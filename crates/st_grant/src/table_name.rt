//! Names of tables.
ghost use Rattle.std.specs.Prelude.{◌≡◌, ◌↔◌, IsOk, IsTrue, IfOk, IfSome, IfNone, true, false};
ghost use Rattle.st_text.specs.Names.{is_table_name, namespace_of, has_dot, is_dot};
ghost use Rattle.std.specs.List.{before_first, after_first};
ghost use Rattle.st_text.specs.Texts.{same};

use crate::name::{BadName, Name, is_text_of_name};
use st_text::Text;
use std::marker::Model;

/// The name of a table: a name, or a namespace, one dot and a name, each of 1 to 32 bytes of
/// `A-Z a-z 0-9 _`, as in Apache Accumulo.
#[derive(Debug, Drop)]
pub struct TableName {
    text: Text<65>,
}

impl Model for TableName {
    ghost use Rattle.std.specs.Prelude.{ℕ, List, IsTrue};
    ghost use Rattle.st_text.specs.Names.{is_table_name};

    ghost Value = { List ℕ };

    ghost view = { λ t. t.text };

    ghost invariant = { λ t. IsTrue (is_table_name t.text) };
}

// The parts before and after the first dot, if there is one.
fn split_at_dot(text: &str) -> Option<(&str, &str)>
    ensures some { IfSome result (λ parts. (has_dot text.now ≡ true)
        × (parts.0.now ≡ before_first is_dot text.now) × (parts.1.now ≡ after_first is_dot text.now)) }
    ensures none { IfNone result (has_dot text.now ≡ false) }
{
    text.split_once('.')
}

// Whether a text is the name of a table.
fn is_text_of_table(text: &str) -> bool
    ensures { result ≡ is_table_name text.now }
{
    match split_at_dot(text) {
        Some((namespace, name)) => is_text_of_name(namespace) && is_text_of_name(name),
        None => is_text_of_name(text),
    }
}

impl TableName {
    /// The name with this text, or `BadName` if the text is not one.
    pub fn new(text: &str) -> Result<TableName, BadName>
        ensures named { IsOk result ↔ IsTrue (is_table_name text.now) }
        ensures value { IfOk result (λ name. name ≡ text.now) }
    {
        if !is_text_of_table(text) {
            return Err(BadName);
        }
        match Text::new(text) {
            Some(text) => Ok(TableName { text }),
            None => Err(BadName),
        }
    }

    /// An equal name.
    pub fn copy(&self) -> TableName
        ensures { result ≡ self.now }
    {
        TableName {
            text: self.text.copy(),
        }
    }

    /// The text of the name.
    pub fn as_str(&self) -> &str
        ensures value { result.now ≡ self.now }
        ensures name { IsTrue (is_table_name self.now) }
    {
        self.text.as_str()
    }

    /// Whether this is the name's text, byte by byte.
    pub fn is(&self, text: &str) -> bool
        ensures { result ≡ same self.now text.now }
    {
        self.text.is(text)
    }

    /// The table's namespace, if its name has one.
    pub fn namespace(&self) -> Option<Name>
        ensures { result ≡ namespace_of self.now }
    {
        match split_at_dot(self.text.as_str()) {
            Some((namespace, _)) => Name::new(namespace).ok(),
            None => None,
        }
    }
}
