//! Permissions on the system.
ghost use Rattle.std.specs.Prelude.{◌≡◌, find, option_map};
ghost use Rattle.st_text.specs.Texts.{same};
ghost use Rattle.st_grant.specs.Permissions.{permission_name, system_permission, system_permission_named};

use crate::permission::Permission;

/// What a user may be granted on the system.
#[derive(Clone, Copy, PartialEq, Eq, Debug)]
pub enum SystemPermission {
    CreateTable,
    DropTable,
    AlterTable,
    CreateUser,
    DropUser,
    AlterUser,
    Grant,
    System,
}

// The permissions on the system, in listing order.
const SYSTEM_PERMISSIONS: [SystemPermission; 8] = [
    SystemPermission::CreateTable,
    SystemPermission::DropTable,
    SystemPermission::AlterTable,
    SystemPermission::CreateUser,
    SystemPermission::DropUser,
    SystemPermission::AlterUser,
    SystemPermission::Grant,
    SystemPermission::System,
];

// The permission of the list that has this name.
fn named<'a>(listed: &'a [SystemPermission], text: &str) -> Option<&'a SystemPermission>
    ensures { option_map (λ p. p.now) result ≡ find (λ p. same (permission_name (system_permission p)) text.now) listed.now }
{
    listed.iter().find(|p| p.permission().name() == text)
}

impl SystemPermission {
    /// The permission that it is.
    pub fn permission(self) -> Permission
        ensures { result ≡ system_permission self }
    {
        match self {
            SystemPermission::CreateTable => Permission::CreateTable,
            SystemPermission::DropTable => Permission::DropTable,
            SystemPermission::AlterTable => Permission::AlterTable,
            SystemPermission::CreateUser => Permission::CreateUser,
            SystemPermission::DropUser => Permission::DropUser,
            SystemPermission::AlterUser => Permission::AlterUser,
            SystemPermission::Grant => Permission::Grant,
            SystemPermission::System => Permission::System,
        }
    }

    /// The permission on the system of this name, if there is one.
    pub fn named(text: &str) -> Option<SystemPermission>
        ensures { result ≡ system_permission_named text.now }
    {
        named(&SYSTEM_PERMISSIONS, text).copied()
    }
}
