//! Names of users and of namespaces.
ghost use Rattle.std.specs.Prelude.{◌≡◌, ◌↔◌, IsOk, IsTrue, IfOk};
ghost use Rattle.std.specs.List.{list_all};
ghost use Rattle.st_text.specs.Names.{is_name, is_name_byte};
ghost use Rattle.st_text.specs.Texts.{same};

use st_text::Text;
use std::marker::Model;

/// The text is not a name.
#[derive(Clone, Copy, PartialEq, Eq, Debug)]
pub struct BadName;

/// The name of a user or of a namespace: 1 to 32 bytes of `A-Z a-z 0-9 _`.
#[derive(Debug, Drop)]
pub struct Name {
    text: Text<32>,
}

impl Model for Name {
    ghost use Rattle.std.specs.Prelude.{ℕ, List, IsTrue};
    ghost use Rattle.st_text.specs.Names.{is_name};

    ghost Value = { List ℕ };

    ghost view = { λ n. n.text };

    ghost invariant = { λ n. IsTrue (is_name n.text) };
}

// Whether a name may have this byte.
fn is_byte_of_name(byte: u8) -> bool
    ensures { result ≡ is_name_byte byte }
{
    byte.is_ascii_alphanumeric() || byte == b'_'
}

// Whether a name may have each of these bytes.
fn are_bytes_of_name(text: &[u8]) -> bool
    ensures { result ≡ list_all is_name_byte text.now }
{
    text.iter().all(|byte| is_byte_of_name(*byte))
}

// Whether a text is a name.
pub(crate) fn is_text_of_name(text: &str) -> bool
    ensures { result ≡ is_name text.now }
{
    0 < text.len() && text.len() <= 32 && are_bytes_of_name(text.as_bytes())
}

impl Name {
    /// The name with this text, or `BadName` if the text is not one.
    pub fn new(text: &str) -> Result<Name, BadName>
        ensures named { IsOk result ↔ IsTrue (is_name text.now) }
        ensures value { IfOk result (λ name. name ≡ text.now) }
    {
        if !is_text_of_name(text) {
            return Err(BadName);
        }
        match Text::new(text) {
            Some(text) => Ok(Name { text }),
            None => Err(BadName),
        }
    }

    /// An equal name.
    pub fn copy(&self) -> Name
        ensures { result ≡ self.now }
    {
        Name {
            text: self.text.copy(),
        }
    }

    /// The text of the name.
    pub fn as_str(&self) -> &str
        ensures value { result.now ≡ self.now }
        ensures name { IsTrue (is_name self.now) }
    {
        self.text.as_str()
    }

    /// Whether this is the name's text, byte by byte.
    pub fn is(&self, text: &str) -> bool
        ensures { result ≡ same self.now text.now }
    {
        self.text.is(text)
    }
}
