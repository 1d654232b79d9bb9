//! Permissions.
ghost use Rattle.std.specs.Prelude.{◌≡◌};

/// What a user may be allowed, on a table, on a namespace or on the whole system. The names are those
/// of Apache Accumulo's table and system permissions.
#[derive(Clone, Copy, PartialEq, Eq, Debug, Default)]
pub enum Permission {
    #[default]
    Read,
    Write,
    AlterTable,
    Grant,
    DropTable,
    CreateTable,
    CreateUser,
    DropUser,
    AlterUser,
    System,
}

impl Permission {
    ghost use Rattle.st_grant.specs.Permissions.{place_of, permission_name, same_permission};

    // Its rank in the order of grants.
    pub(crate) fn place(self) -> u8
        ensures { result ≡ place_of self }
    {
        match self {
            Permission::Read => 0,
            Permission::Write => 1,
            Permission::AlterTable => 2,
            Permission::Grant => 3,
            Permission::DropTable => 4,
            Permission::CreateTable => 5,
            Permission::CreateUser => 6,
            Permission::DropUser => 7,
            Permission::AlterUser => 8,
            Permission::System => 9,
        }
    }

    /// Whether it is the same permission.
    pub fn is_same(self, other: Permission) -> bool
        ensures { result ≡ same_permission self other }
    {
        self.place() == other.place()
    }

    /// Its name in requests and replies.
    pub fn name(self) -> &'static str
        ensures { result.now ≡ permission_name self }
    {
        match self {
            Permission::Read => "READ",
            Permission::Write => "WRITE",
            Permission::AlterTable => "ALTER_TABLE",
            Permission::Grant => "GRANT",
            Permission::DropTable => "DROP_TABLE",
            Permission::CreateTable => "CREATE_TABLE",
            Permission::CreateUser => "CREATE_USER",
            Permission::DropUser => "DROP_USER",
            Permission::AlterUser => "ALTER_USER",
            Permission::System => "SYSTEM",
        }
    }
}
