//! Names, permissions and grants.
#![tactic(auto)]

mod grant;
mod grants;
mod name;
mod named;
mod permission;
mod system_permission;
mod system_permissions;
mod table_name;
mod table_permission;
mod user_names;
mod wanted_grant;

pub use grant::{Grant, Scope};
pub use grants::Grants;
pub use name::{BadName, Name};
pub use named::Named;
pub use permission::Permission;
pub use system_permission::SystemPermission;
pub use system_permissions::SystemPermissions;
pub use table_name::TableName;
pub use table_permission::TablePermission;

----

*TASK ITEM*.
Please give the number of lines in the data where "there" appears, without any other words.

*RESPONSE TO THE EXERCISE*.
2